- Eslamabad Location within Iran
- Coordinates: 35°50′15″N 58°50′10″E﻿ / ﻿35.83750°N 58.83611°E
- Country: Iran
- Province: Razavi Khorasan
- County: Miyan Jolgeh
- District: Belharat
- Rural District: Salari

Population (2016)
- • Total: 807
- Time zone: UTC+3:30 (IRST)

= Eslamabad, Miyan Jolgeh =

Village in Razavi Khorasan province, Iran

Eslamabad (اسلام اباد) (Note: Also romanized as Eslāmābād; also known as Āṣlāḥābād (اصلاح اباد) and Shāh Bakhsh (شاه بخش)) is a village in Salari Rural District of Belharat District in Miyan Jolgeh County, Razavi Khorasan province, Iran.

==Demographics==
===Population===
At the time of the 2006 National Census, the village's population was 712 in 180 households, when it was in Belharat Rural District of the former Miyan Jolgeh District (Note: Renamed the Central District of Miyan Jolgeh County) in Nishapur County.

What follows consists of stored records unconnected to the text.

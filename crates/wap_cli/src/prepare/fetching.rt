//! Pages that a store is asked for, one after the other.
ghost use Rattle.std.specs.Prelude.{◌≡◌, All, IfOk, length};
ghost use Rattle.std.specs.Map.{keys_of};
ghost use Rattle.wap_cli.specs.prepare.Fetching.{AsksForAll};
ghost use Rattle.wap_cli.specs.prepare.Fetching.{IsAnswered};

use crate::prepare::job::Job;
use std::alloc::Global;
use wap_base::Text;
use wap_devices::{Store, StoreErr};

/// What the store answers for a name, beside the name.
fn fetch_one<S: Store>(alloc: Global, store: &mut S, name: &Text) -> Result<Job, StoreErr>
    ensures name { IfOk result (λ job. job.0 ≡ name.now) }
    ensures answered { IfOk result (IsAnswered (S.seen store.new).known) }
    ensures asks { AsksForAll 1 (S.seen store.old) (S.seen store.new) result }
{
    let copy = match name.copy(alloc) {
        Ok(copy) => copy,
        Err(_) => return Err(StoreErr::NoMemory),
    };
    match store.fetch(name) {
        Ok(page) => Ok(Job::new(copy, page)),
        Err(fault) => Err(fault),
    }
}

/// What the store answers for each name.
pub fn fetch_all<S: Store>(
    alloc: Global,
    store: &mut S,
    names: &[Text],
) -> Result<Vec<Job>, StoreErr>
    ensures names { IfOk result (λ jobs. keys_of jobs.items ≡ names.now) }
    ensures answered { IfOk result (λ jobs. All (IsAnswered (S.seen store.new).known)
        jobs.items) }
    ensures asks { AsksForAll (length names.now) (S.seen store.old) (S.seen store.new) result }
{
    let mut jobs = match Vec::with_capacity(alloc, names.len()) {
        Ok(jobs) => jobs,
        Err(_) => return Err(StoreErr::NoMemory),
    };
    for name in names {
        match fetch_one(alloc, store, name) {
            Ok(job) => jobs.push(job)?,
            Err(fault) => return Err(fault),
        }
    }
    Ok(jobs)
}
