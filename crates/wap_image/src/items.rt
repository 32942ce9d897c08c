//! Why a text may or may not stand in its place: names in order, and URLs of entries.
ghost use Rattle.std.specs.Prelude.{◌≡◌, Ok, IfOk};
ghost use Rattle.wap_base.specs.Names.{is_name};
ghost use Rattle.wap_base.specs.Texts.{is_same_text};
ghost use Rattle.wap_image.specs.Items.{http, is_head, is_after, is_next_name, is_entry};
ghost use Rattle.wap_image.specs.Items.{is_text_of, is_entry_text};

use crate::kind::{FORMAT, LETTER_I, LETTER_W};
use std::alloc::Global;
use wap_base::{NoMemory, Text, is_name};
use wap_url::{Url, UrlFault, print};

/// Whether these are the bytes with which an image begins.
pub(crate) fn is_head(bytes: &[u8]) -> bool
    ensures { result ≡ is_head bytes.now }
{
    bytes == [LETTER_W, LETTER_I, FORMAT].as_slice()
}

/// Whether a variable may have this name after these.
pub(crate) fn is_next_name(before: &[(Text, Text)], name: &Text) -> bool
    ensures { result ≡ is_next_name before.now name.now }
{
    is_name_text(name) && is_after(before, name)
}

/// Whether it is the name of a variable.
fn is_name_text(name: &Text) -> bool
    ensures { result ≡ is_name name.now }
{
    is_name(name.as_str().as_bytes())
}

/// Whether the name comes after that of the last of these variables, if there are some.
fn is_after(before: &[(Text, Text)], name: &Text) -> bool
    ensures { result ≡ is_after before.now name.now }
{
    match before.split_last() {
        Some((last, _)) => last.0.cmp(name).is_lt(),
        None => true,
    }
}

/// Whether the text is how the URL of an entry is written.
pub(crate) fn is_entry_text(alloc: Global, text: &Text) -> Result<bool, NoMemory>
    ensures { IfOk result (λ is. is ≡ is_entry_text text.now) }
{
    match Url::read(alloc, text) {
        Ok(url) => is_written_so(alloc, &url, text),
        Err(UrlFault::NoMemory) => Err(NoMemory),
        Err(UrlFault::BadChar { .. }) => Ok(false),
        Err(UrlFault::BadScheme) => Ok(false),
        Err(UrlFault::BadHost) => Ok(false),
        Err(UrlFault::BadPort) => Ok(false),
    }
}

/// Whether the text is how this URL is written, and it may be that of an entry.
fn is_written_so(alloc: Global, url: &Url, text: &Text) -> Result<bool, NoMemory>
    ensures { IfOk result (λ is. is ≡ is_text_of text.now (Ok url.now)) }
{
    if !is_entry(url) {
        return Ok(false);
    }
    Ok(print(alloc, url)? == *text)
}

/// Whether it is a URL of http with a host and without a fragment.
fn is_entry(url: &Url) -> bool
    ensures { result ≡ is_entry url.now }
{
    match &url.scheme {
        Some(scheme) => is_http(scheme) && url.host.is_some() && !url.fragment.is_some(),
        None => false,
    }
}

fn is_http(scheme: &Text) -> bool
    ensures { result ≡ is_same_text scheme.now http }
{
    scheme.as_str() == "http"
}
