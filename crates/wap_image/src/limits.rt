//! The limits of a run.
ghost use Rattle.wap_base.specs.Outcome.{Meets};
ghost use Rattle.wap_image.specs.declared.context_parts.fault.ImageFault.TheVariants.{NoMemory};
ghost use Rattle.wap_image.specs.inside.ImageReading.{string_limit_at, history_limit_at};
ghost use Rattle.wap_image.specs.inside.ImageReading.{depth_limit_at, limits_at};

use crate::context_parts::ImageFault;
use crate::steps::{byte, number};
use wap_base::{
    LEAST_DEPTH, LEAST_HISTORY, LEAST_STRING, Limits, MOST_DEPTH, MOST_HISTORY, MOST_STRING, place,
};

/// The limits of strings, of the history and of calls.
#[tactic(auto, unfolding(crate::specs::inside::ImageReading::limits_at))]
pub(crate) fn read_limits(end: usize, bytes: &[u8]) -> Result<(Limits, &[u8]), ImageFault>
    ensures { Meets NoMemory (λ read. (read.0, read.1.now)) result (limits_at end bytes.now) }
{
    let (string, rest) = string_limit(end, bytes)?;
    let (history, rest) = history_limit(end, rest)?;
    let (depth, rest) = depth_limit(end, rest)?;
    Ok((
        Limits {
            string,
            history,
            depth,
        },
        rest,
    ))
}

#[tactic(auto, unfolding(crate::specs::inside::ImageReading::string_limit_at))]
fn string_limit(end: usize, bytes: &[u8]) -> Result<(u32, &[u8]), ImageFault>
    ensures { Meets NoMemory (λ read. (read.0, read.1.now)) result (string_limit_at end bytes.now) }
{
    let (limit, rest) = number(end, bytes)?;
    if LEAST_STRING <= limit && limit <= MOST_STRING {
        return Ok((limit, rest));
    }
    Err(ImageFault::Range {
        at: place(end, bytes),
    })
}

#[tactic(auto, unfolding(crate::specs::inside::ImageReading::history_limit_at))]
fn history_limit(end: usize, bytes: &[u8]) -> Result<(u8, &[u8]), ImageFault>
    ensures { Meets NoMemory (λ read. (read.0, read.1.now)) result
        (history_limit_at end bytes.now) }
{
    let (limit, rest) = byte(end, bytes)?;
    if LEAST_HISTORY <= limit && limit <= MOST_HISTORY {
        return Ok((limit, rest));
    }
    Err(ImageFault::Range {
        at: place(end, bytes),
    })
}

#[tactic(auto, unfolding(crate::specs::inside::ImageReading::depth_limit_at))]
fn depth_limit(end: usize, bytes: &[u8]) -> Result<(u8, &[u8]), ImageFault>
    ensures { Meets NoMemory (λ read. (read.0, read.1.now)) result (depth_limit_at end bytes.now) }
{
    let (limit, rest) = byte(end, bytes)?;
    if LEAST_DEPTH <= limit && limit <= MOST_DEPTH {
        return Ok((limit, rest));
    }
    Err(ImageFault::Range {
        at: place(end, bytes),
    })
}
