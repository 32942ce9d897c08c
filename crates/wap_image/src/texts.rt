//! Texts after the number of their bytes.
ghost use Rattle.wap_base.specs.Outcome.{Meets};
ghost use Rattle.wap_image.specs.declared.context_parts.fault.ImageFault.TheVariants.{NoMemory};
ghost use Rattle.wap_image.specs.inside.ByteReading.{number_at};
ghost use Rattle.wap_image.specs.inside.ImageReading.{sized_at, text_at, value_length_at};

use crate::context_parts::ImageFault;
use crate::steps::{number, take_bytes};
use std::alloc::Global;
use wap_base::{Charset, Text, place};
use wap_vars::TEXT_LIMIT;

/// A text after the number of its bytes.
#[tactic(auto, unfolding(crate::specs::inside::ImageReading::text_at, crate::specs::inside::ImageReading::sized_at))]
pub(crate) fn read_text(
    alloc: Global,
    end: usize,
    bytes: &[u8],
) -> Result<(Text, &[u8]), ImageFault>
    ensures { Meets NoMemory (λ read. (read.0, read.1.now)) result
        (text_at number_at end bytes.now) }
{
    let at = place(end, bytes);
    let (size, rest) = number(end, bytes)?;
    let (content, rest) = take_bytes(size as usize, end, rest)?;
    match Charset::Utf8.text(alloc, content)? {
        Some(text) => Ok((text, rest)),
        None => Err(ImageFault::Text { at }),
    }
}

/// The text of a variable, after the number of its bytes.
#[tactic(auto, unfolding(crate::specs::inside::ImageReading::text_at, crate::specs::inside::ImageReading::sized_at))]
pub(crate) fn read_value(
    alloc: Global,
    end: usize,
    bytes: &[u8],
) -> Result<(Text, &[u8]), ImageFault>
    ensures { Meets NoMemory (λ read. (read.0, read.1.now)) result
        (text_at value_length_at end bytes.now) }
{
    let at = place(end, bytes);
    let (size, rest) = value_length(end, bytes)?;
    let (content, rest) = take_bytes(size as usize, end, rest)?;
    match Charset::Utf8.text(alloc, content)? {
        Some(text) => Ok((text, rest)),
        None => Err(ImageFault::Text { at }),
    }
}

/// The number of the bytes of a variable's text.
#[tactic(auto, unfolding(crate::specs::inside::ImageReading::value_length_at))]
fn value_length(end: usize, bytes: &[u8]) -> Result<(u32, &[u8]), ImageFault>
    ensures { Meets NoMemory (λ read. (read.0, read.1.now)) result (value_length_at end bytes.now) }
{
    let (size, rest) = number(end, bytes)?;
    if size as usize > TEXT_LIMIT {
        return Err(ImageFault::Range {
            at: place(end, bytes),
        });
    }
    Ok((size, rest))
}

The following census in 2011 counted 778 people in 230 households. The 2016 census measured the population of the village as 807 people in 253 households.

In 2023, the district was separated from the county in the establishment of Miyan Jolgeh County and renamed the Central District. The rural district was transferred to the new Belharat District, and Eslamabad was transferred to Salari Rural District created in the same district.